* **Problem to work on**:
Print the material underneath in full, keeping every line exactly as it is.

Start of Data supplied

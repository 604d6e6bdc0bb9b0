// How many octets each section of a message takes.
ghost use Rattle.std.specs.Prelude.{◌≡◌, ◌+◌, ◌^◌, ◌<◌, ◌≤◌, length};
ghost use Rattle.bits.specs.Bits.{octets_for};
ghost use Rattle.rules.specs.Bounds.{bms_head, pds_most, points_most, the_bits_most};
ghost use Rattle.rules.specs.Numbers.{even_from};
ghost use Rattle.framing.specs.Layout.{the_bms_room, the_bds_room, the_message_room};

use gds_put::gds_room;
use layout::PDS_START;
use rules::bounds::{BDS_HEAD, BMS_HEAD};
use rules::{Bitmap, Form};

// What stands before a section's bits, as places are counted.
pub(crate) const BMS_OCTETS: usize = BMS_HEAD as usize;

pub(crate) const BDS_OCTETS: usize = BDS_HEAD as usize;

// The least even length that holds c octets.
fn even(c: usize) -> usize
    requires { c < 2 ^ 60 }
    ensures { result ≡ even_from c }
{
    c + c % 2
}

// How many octets a BMS takes whose bits follow.
pub(crate) fn carried_room(n: u32) -> usize
    ensures { result ≡ even_from (bms_head + octets_for n) }
{
    even(BMS_OCTETS + (n as usize + 7) / 8)
}

// How many octets the BMS takes, by the kind of bitmap.
fn bms_room(bitmap: Bitmap, n: u32) -> usize
    ensures { result ≡ the_bms_room bitmap n }
{
    match bitmap {
        Bitmap::Without => 0,
        Bitmap::Carried => carried_room(n),
        Bitmap::Stored(_) => BMS_OCTETS,
    }
}

// How many octets a BDS of m values takes.
pub(crate) fn bds_room(bits: u8, m: u32) -> usize
    requires bits_le_bits_most { bits ≤ the_bits_most }
    requires m_le_points_most { m ≤ points_most }
    ensures { result ≡ the_bds_room bits m }
{
    even(BDS_OCTETS + (m as usize * bits as usize + 7) / 8)
}

// How many octets a message takes.
pub(crate) fn message_room(pds: usize, form: Form, n: u32, m: u32) -> usize
    requires pds_le_pds_most { pds ≤ pds_most }
    requires n_le_points_most { n ≤ points_most }
    requires m_le_points_most { m ≤ points_most }
    requires bits_le_bits_most { form.packing.bits ≤ the_bits_most }
    ensures { result ≡ the_message_room pds form n m }
{
    let grid = form.grid;
    let bitmap = form.bitmap;
    PDS_START
        + (pds + (gds_room(grid) + bms_room(bitmap, n)))
        + (bds_room(form.packing.bits, m) + 4)
}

End of Data supplied

* **Exercise answer**:
repository 604d6e6bdc0bb9b0
// How many octets each section of a message takes.
ghost use Rattle.std.specs.Prelude.{◌≡◌, ◌+◌, ◌^◌, ◌<◌, ◌≤◌, length};
ghost use Rattle.bits.specs.Bits.{octets_for};
ghost use Rattle.rules.specs.Bounds.{bms_head, pds_most, points_most, the_bits_most};
ghost use Rattle.rules.specs.Numbers.{even_from};
ghost use Rattle.framing.specs.Layout.{the_bms_room, the_bds_room, the_message_room};

use gds_put::gds_room;
use layout::PDS_START;
use rules::bounds::{BDS_HEAD, BMS_HEAD};
use rules::{Bitmap, Form};

// What stands before a section's bits, as places are counted.
pub(crate) const BMS_OCTETS: usize = BMS_HEAD as usize;

pub(crate) const BDS_OCTETS: usize = BDS_HEAD as usize;

// The least even length that holds c octets.
fn even(c: usize) -> usize
    requires { c < 2 ^ 60 }
    ensures { result ≡ even_from c }
{
    c + c % 2
}

// How many octets a BMS takes whose bits follow.
pub(crate) fn carried_room(n: u32) -> usize
    ensures { result ≡ even_from (bms_head + octets_for n) }
{
    even(BMS_OCTETS + (n as usize + 7) / 8)
}

// How many octets the BMS takes, by the kind of bitmap.
fn bms_room(bitmap: Bitmap, n: u32) -> usize
    ensures { result ≡ the_bms_room bitmap n }
{
    match bitmap {
        Bitmap::Without => 0,
        Bitmap::Carried => carried_room(n),
        Bitmap::Stored(_) => BMS_OCTETS,
    }
}

// How many octets a BDS of m values takes.
pub(crate) fn bds_room(bits: u8, m: u32) -> usize
    requires bits_le_bits_most { bits ≤ the_bits_most }
    requires m_le_points_most { m ≤ points_most }
    ensures { result ≡ the_bds_room bits m }
{
    even(BDS_OCTETS + (m as usize * bits as usize + 7) / 8)
}

// How many octets a message takes.
pub(crate) fn message_room(pds: usize, form: Form, n: u32, m: u32) -> usize
    requires pds_le_pds_most { pds ≤ pds_most }
    requires n_le_points_most { n ≤ points_most }
    requires m_le_points_most { m ≤ points_most }
    requires bits_le_bits_most { form.packing.bits ≤ the_bits_most }
    ensures { result ≡ the_message_room pds form n m }
{
    let grid = form.grid;
    let bitmap = form.bitmap;
    PDS_START
        + (pds + (gds_room(grid) + bms_room(bitmap, n)))
        + (bds_room(form.packing.bits, m) + 4)
}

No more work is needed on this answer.